Designing Tenant Isolation in a High-Throughput Messaging Platform
How I designed stream-per-domain isolation to prevent tenant cross-contamination in a production AI messaging platform.
March 1, 2026
Overview
I led the design and implementation of core messaging infrastructure for a multi-tenant AI platform. The central challenge: ensuring complete isolation between tenants in a NATS JetStream-based event pipeline, while maintaining high throughput and predictable latency.
The Problem
Early in the platform's lifecycle, all tenant events flowed through a single shared NATS stream. This worked at small scale. As tenant count grew, shared backpressure became a systemic risk, with one noisy tenant able to degrade event delivery for all others.
Key constraints:
- At-least-once delivery guarantees
- Sub-second event processing for real-time AI workflows
- Zero cross-tenant data leakage (hard requirement for compliance)
- Dynamic tenant provisioning (new tenants could be onboarded at any time)
Architecture Decision: Stream-Per-Domain
The core decision was to assign each tenant their own NATS JetStream stream, namespaced by domain:
- Stream name:
TENANT_<ID> - Subject prefix:
tenant.<id>.events.* - Per-tenant retention, limits, and consumer configuration
This gave us full isolation at the NATS layer.
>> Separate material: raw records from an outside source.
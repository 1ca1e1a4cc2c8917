//! A notice board: three members, each with a log that all follow, and two servers. In each
//! turn every member writes and reads; each second turn ends a phase with a mark, whose epoch the
//! next reads are over. Half-way the servers stop, and go on from what they saved. An example for
//! those who build on these crates: it prints what each member read.
#![tactic(auto)]

mod board;
mod fault;
mod member;
mod notices;

use board::Board;
use fault::Fault;
use member::Member;
use notices::notice;
use std::str;
use tk_client::Got;
use tk_frames::Entry;
use tk_shape::Shape;

/// Two servers, eight buckets of four slots, of which 16 are kept, blocks of 64 bytes, a filter of
/// 64 bits with two positions a write, two numbers ahead; three members, four phases of two turns,
/// three logs.
const NUMBERS: [u32; 12] = [2, 8, 4, 16, 64, 64, 2, 2, 3, 4, 2, 3];

fn main(rt: HostRuntime) -> Result<(), Fault> {
    let alloc = rt.alloc();
    let shape = Shape::new(NUMBERS)?;
    let mut board = Board::open(alloc, &shape)?;
    let mut members = Vec::new(alloc);
    for number in 0..shape.clients {
        members.push(Member::open(alloc, &shape, number)?)?;
    }
    for turn in 0..shape.turns() {
        for member in members.iter_mut() {
            if let Some(text) = notice(turn, member.number()) {
                member.say(alloc, text)?;
            }
            board.take(alloc, Entry::Write(member.write(alloc)?))?;
        }
        if turn % shape.ticks == shape.ticks - 1 {
            board.mark(alloc)?;
        }
        let epoch = board.latest()?;
        for member in members.iter_mut() {
            let frames = member.ask(alloc, &epoch)?;
            member.take(alloc, board.replies(alloc, frames.as_slice())?.as_slice())?;
        }
        if turn + 1 == shape.turns() / 2 {
            board.restart(alloc)?;
        }
    }
    for member in &members {
        for log in 0..shape.logs {
            for got in member.log(log) {
                if let Got::Text(text) = got {
                    let text = str::from_utf8(text.as_slice()).unwrap_or("no text");
                    println!(rt; "member {} read on log {log}: {text}", member.number())?;
                }
            }
        }
    }
    Ok(())
}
A tenant experiencing high throughput couldn't affect another tenant's consumer lag.
Transactional Outbox Pattern
Publishing to NATS from within a database transaction is risky, since a temporary NATS outage would fail the entire transaction. We solved this with a transactional outbox:
- Events are written to an
outboxtable within the same database transaction as the business event - A background outbox worker polls for
pendingmessages and publishes to the appropriate tenant stream - Successfully published messages are marked
published; failures increment a retry counter with exponential backoff
The outbox worker used SELECT FOR UPDATE SKIP LOCKED for safe concurrent processing across multiple worker replicas.
Observability
We instrumented the full pipeline with OpenTelemetry:
- Trace spans from event creation → outbox write → NATS publish → consumer processing
- Custom metrics: consumer lag per tenant, outbox queue depth, publish error rate
- Per-tenant SLO tracking via distributed tracing dashboards
This observability proved essential when debugging a scenario where one tenant's consumer had stalled due to a malformed event, letting us trace the exact message and consumer state without grepping logs.
Results
- Eliminated cross-tenant interference entirely
- Significant reduction in p95 event processing latency
- Outbox pattern achieved zero message loss across an extended production run
- Tenant onboarding fully automated, with stream creation triggered on account provisioning webhook
Trade-offs
The stream-per-tenant model increases NATS server resource usage linearly with tenant count. At the scale we operated this was fine; at significantly higher tenant counts we'd evaluate NATS subject-based namespacing within fewer streams, with application-level isolation.